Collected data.
━━━━

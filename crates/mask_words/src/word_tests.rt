//! What a single word of a command line may be.

ghost use Rattle.std.specs.Prelude.{◌≡◌, ℕ, ◌<◌, List, length};
ghost use Rattle.std.specs.Prelude.{codes, IsTrue};
ghost use Rattle.mask_words.specs.WordTests.{passes, command_text, are_hex_digits, are_digits, are_seed_digits, present_size, lea_size, lightmac_size, is_hex_text, is_tape, is_order, is_number_between, is_wire, number_of, WiresHaveOneNumber};

use itoa::Buffer;
use mask_tasks::{KeySize, LeaSize, circuit_named};

/// The name of a command. Several rows of the table may have the same.
#[derive(Clone, Copy, Debug, PartialEq, Eq)]
pub enum Command {
    /// `enc`
    Enc,
    /// `mac`
    Mac,
    /// `eval`
    Eval,
    /// `check`
    Check,
    /// `upgrade`
    Upgrade,
    /// `probe`
    Probe,
    /// `split`
    Split,
    /// `join`
    Join,
    /// `emit`
    Emit,
    /// `self`
    SelfRun,
}

impl Command {
    fn text(self) -> &'static str
        ensures { result.now ≡ command_text self }
    {
        match self {
            Command::Enc => "enc",
            Command::Mac => "mac",
            Command::Eval => "eval",
            Command::Check => "check",
            Command::Upgrade => "upgrade",
            Command::Probe => "probe",
            Command::Split => "split",
            Command::Join => "join",
            Command::Emit => "emit",
            Command::SelfRun => "self",
        }
    }
}

/// What a word is tested for.
#[derive(Clone, Copy, Debug, PartialEq, Eq)]
pub enum Test {
    /// Any word that isn't empty.
    Given,
    /// The name of a tape: any word that isn't empty; one that begins with `seed:` goes on with 64 hexadecimal digits.
    Tape,
    /// The name of this command.
    Named(Command),
    /// PRESENT with a key size: `present-80` or `present-128`.
    Present,
    /// LEA with a key size: `lea-128`, `lea-192` or `lea-256`.
    Lea,
    /// The word `trivium`.
    Trivium,
    /// LightMAC with a key size: `lightmac-80` or `lightmac-128`.
    LightMac,
    /// The word `chaskey-12`.
    Chaskey,
    Order,
    /// So many hexadecimal digits, in either case.
    Digits(usize),
    /// The bytes of a counter of LightMAC: `1`, `2` or `4`.
    Counter,
    /// The bytes of a tag of LightMAC: `4` or `8`.
    LightMacTag,
    /// The bytes of a tag of Chaskey-12: `8` or `16`.
    ChaskeyTag,
    /// Bytes in hexadecimal: `-` for none, or an even number of digits, at least two, in either case.
    Hex,
    /// The number of a wire: in decimal, without a needless zero, and less than 2^32.
    Wire,
    /// The seed of a message: in decimal, without a needless zero, and at most 18446744073709551615.
    Seed,
    /// A count: in decimal, without a needless zero, and from 1 to 1048576.
    Count,
    /// The name of a circuit that is built in.
    Circuit,
}

impl Test {
    /// Whether the word passes.
    pub(crate) fn passes(self, word: &str) -> bool
        ensures { result ≡ passes self word.now }
    {
        match self {
            Test::Given => !word.is_empty(),
            Test::Tape => is_tape(word),
            Test::Named(command) => word == command.text(),
            Test::Present => present_size(word).is_some(),
            Test::Lea => lea_size(word).is_some(),
            Test::Trivium => word == "trivium",
            Test::LightMac => lightmac_size(word).is_some(),
            Test::Chaskey => word == "chaskey-12",
            Test::Order => is_order(word.as_bytes()),
            Test::Digits(count) => are_digits(count, word.as_bytes()),
            Test::Counter => word == "1" || word == "2" || word == "4",
            Test::LightMacTag => word == "4" || word == "8",
            Test::ChaskeyTag => word == "8" || word == "16",
            Test::Hex => is_hex_text(word),
            Test::Wire => is_number_between(0, 4_294_967_295, word),
            Test::Seed => is_number_between(0, 18_446_744_073_709_551_615, word),
            Test::Count => is_number_between(1, 1_048_576, word),
            Test::Circuit => circuit_named(word).is_some(),
        }
    }
}

fn are_hex_digits(digits: &[u8]) -> bool
    ensures { result ≡ are_hex_digits digits.now }
{
    digits.iter().all(|digit| digit.is_ascii_hexdigit())
}

fn are_digits(count: usize, digits: &[u8]) -> bool
    ensures { result ≡ are_digits count digits.now }
{
    digits.len() == count && are_hex_digits(digits)
}

pub(crate) fn are_seed_digits(digits: &[u8]) -> bool
    ensures { result ≡ are_seed_digits digits.now }
{
    are_digits(64, digits)
}

/// The key size of PRESENT that a CIPHER word names.
pub(crate) fn present_size(word: &str) -> Option<KeySize>
    ensures { result ≡ present_size word.now }
{
    match word {
        "present-80" => Some(KeySize::K80),
        "present-128" => Some(KeySize::K128),
        _ => None,
    }
}

/// The key size of LEA that a CIPHER word names.
pub(crate) fn lea_size(word: &str) -> Option<LeaSize>
    ensures { result ≡ lea_size word.now }
{
    match word {
        "lea-128" => Some(LeaSize::K128),
        "lea-192" => Some(LeaSize::K192),
        "lea-256" => Some(LeaSize::K256),
        _ => None,
    }
}

/// The key size of PRESENT that a word for LightMAC names.
pub(crate) fn lightmac_size(word: &str) -> Option<KeySize>
    ensures { result ≡ lightmac_size word.now }
{
    match word {
        "lightmac-80" => Some(KeySize::K80),
        "lightmac-128" => Some(KeySize::K128),
        _ => None,
    }
}

fn is_tape(word: &str) -> bool
    ensures { result ≡ is_tape word.now }
{
    match word.as_bytes().strip_prefix(b"seed:") {
        Some(digits) => are_seed_digits(digits),
        None => !word.is_empty(),
    }
}

fn is_order(word: &[u8]) -> bool
    ensures { result ≡ is_order word.now }
{
    match word {
        [digit] => *digit >= b'1' && *digit <= b'7',
        _ => false,
    }
}

fn is_hex_text(word: &str) -> bool
    ensures { result ≡ is_hex_text word.now }
{
    word == "-" || (!word.is_empty() && word.len() % 2 == 0 && are_hex_digits(word.as_bytes()))
}

// Only the spelling of a number is written the same again.
fn is_number_between(low: u64, high: u64, word: &str) -> bool
    ensures { result ≡ is_number_between low high word.now }
{
    match word.parse::<u64>() {
        Ok(number) => low <= number && number <= high && Buffer::new().format(number) == word,
        Err(_) => false,
    }
}

/// The number that a WIRE word spells.
pub fn wire_of(word: &str) -> u32
    requires { IsTrue (is_wire word.now) }
    ensures { result ≡ number_of word.now }
{
    word.parse::<u32>().unwrap()
}

/// Each number below 2^32 has a WIRE word, and each WIRE word spells one number.
pub fn wires_have_one_number()
    ensures { WiresHaveOneNumber }
{}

━━━━

ASSIGNMENT.
From the data, pick out every line that includes "bool".

OUTPUT OF THE EXERCISE.
    pub(crate) fn passes(self, word: &str) -> bool
fn are_hex_digits(digits: &[u8]) -> bool
fn are_digits(count: usize, digits: &[u8]) -> bool
pub(crate) fn are_seed_digits(digits: &[u8]) -> bool
fn is_tape(word: &str) -> bool
fn is_order(word: &[u8]) -> bool
fn is_hex_text(word: &str) -> bool
fn is_number_between(low: u64, high: u64, word: &str) -> bool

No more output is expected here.